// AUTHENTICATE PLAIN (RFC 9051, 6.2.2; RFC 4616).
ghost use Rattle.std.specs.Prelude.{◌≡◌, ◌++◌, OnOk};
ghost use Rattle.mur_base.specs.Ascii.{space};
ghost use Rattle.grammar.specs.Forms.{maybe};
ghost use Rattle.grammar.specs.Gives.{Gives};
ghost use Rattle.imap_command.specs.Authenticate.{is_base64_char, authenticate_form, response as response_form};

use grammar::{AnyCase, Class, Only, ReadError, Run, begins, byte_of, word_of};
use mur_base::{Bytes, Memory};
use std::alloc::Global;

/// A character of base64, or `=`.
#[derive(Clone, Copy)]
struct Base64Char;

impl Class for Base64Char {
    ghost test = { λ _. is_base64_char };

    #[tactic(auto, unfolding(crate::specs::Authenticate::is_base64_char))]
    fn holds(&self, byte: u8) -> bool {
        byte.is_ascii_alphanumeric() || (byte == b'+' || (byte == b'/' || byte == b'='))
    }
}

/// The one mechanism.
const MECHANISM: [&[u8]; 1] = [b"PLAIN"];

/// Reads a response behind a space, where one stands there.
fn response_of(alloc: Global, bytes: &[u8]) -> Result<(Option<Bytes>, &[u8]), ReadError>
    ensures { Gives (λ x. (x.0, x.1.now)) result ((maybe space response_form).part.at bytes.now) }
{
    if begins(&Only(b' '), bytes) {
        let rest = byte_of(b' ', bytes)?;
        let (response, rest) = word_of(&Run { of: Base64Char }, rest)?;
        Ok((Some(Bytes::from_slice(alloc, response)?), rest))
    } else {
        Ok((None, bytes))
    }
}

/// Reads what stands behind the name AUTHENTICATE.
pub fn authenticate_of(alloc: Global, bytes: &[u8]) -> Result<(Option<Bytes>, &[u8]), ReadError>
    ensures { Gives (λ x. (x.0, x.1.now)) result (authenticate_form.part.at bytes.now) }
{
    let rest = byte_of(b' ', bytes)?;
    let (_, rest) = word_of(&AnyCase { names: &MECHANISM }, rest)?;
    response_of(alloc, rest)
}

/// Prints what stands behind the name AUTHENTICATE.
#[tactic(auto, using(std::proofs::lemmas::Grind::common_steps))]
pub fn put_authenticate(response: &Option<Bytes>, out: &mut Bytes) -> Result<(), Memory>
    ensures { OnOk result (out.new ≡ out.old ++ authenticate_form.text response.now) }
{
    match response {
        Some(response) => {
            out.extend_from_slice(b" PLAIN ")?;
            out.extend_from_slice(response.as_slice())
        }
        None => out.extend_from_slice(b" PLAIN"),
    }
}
■ ■ ■ ■
▶ [ACTIVITY]: Each record above has to be set down again, word for word.

▶ [TASK SOLUTION]:
// AUTHENTICATE PLAIN (RFC 9051, 6.2.2; RFC 4616).
ghost use Rattle.std.specs.Prelude.{◌≡◌, ◌++◌, OnOk};
ghost use Rattle.mur_base.specs.Ascii.{space};
ghost use Rattle.grammar.specs.Forms.{maybe};
ghost use Rattle.grammar.specs.Gives.{Gives};
ghost use Rattle.imap_command.specs.Authenticate.{is_base64_char, authenticate_form, response as response_form};

use grammar::{AnyCase, Class, Only, ReadError, Run, begins, byte_of, word_of};
use mur_base::{Bytes, Memory};
use std::alloc::Global;

/// A character of base64, or `=`.
#[derive(Clone, Copy)]
struct Base64Char;

impl Class for Base64Char {
    ghost test = { λ _. is_base64_char };

    #[tactic(auto, unfolding(crate::specs::Authenticate::is_base64_char))]
    fn holds(&self, byte: u8) -> bool {
        byte.is_ascii_alphanumeric() || (byte == b'+' || (byte == b'/' || byte == b'='))
    }
}

/// The one mechanism.
const MECHANISM: [&[u8]; 1] = [b"PLAIN"];

/// Reads a response behind a space, where one stands there.
fn response_of(alloc: Global, bytes: &[u8]) -> Result<(Option<Bytes>, &[u8]), ReadError>
    ensures { Gives (λ x. (x.0, x.1.now)) result ((maybe space response_form).part.at bytes.now) }
{
    if begins(&Only(b' '), bytes) {
        let rest = byte_of(b' ', bytes)?;
        let (response, rest) = word_of(&Run { of: Base64Char }, rest)?;
        Ok((Some(Bytes::from_slice(alloc, response)?), rest))
    } else {
        Ok((None, bytes))
    }
}

/// Reads what stands behind the name AUTHENTICATE.
pub fn authenticate_of(alloc: Global, bytes: &[u8]) -> Result<(Option<Bytes>, &[u8]), ReadError>
    ensures { Gives (λ x. (x.0, x.1.now)) result (authenticate_form.part.at bytes.now) }
{
    let rest = byte_of(b' ', bytes)?;
    let (_, rest) = word_of(&AnyCase { names: &MECHANISM }, rest)?;
    response_of(alloc, rest)
}

/// Prints what stands behind the name AUTHENTICATE.
#[tactic(auto, using(std::proofs::lemmas::Grind::common_steps))]
pub fn put_authenticate(response: &Option<Bytes>, out: &mut Bytes) -> Result<(), Memory>
    ensures { OnOk result (out.new ≡ out.old ++ authenticate_form.text response.now) }
{
    match response {
        Some(response) => {
            out.extend_from_slice(b" PLAIN ")?;
            out.extend_from_slice(response.as_slice())
        }
        None => out.extend_from_slice(b" PLAIN"),
    }
}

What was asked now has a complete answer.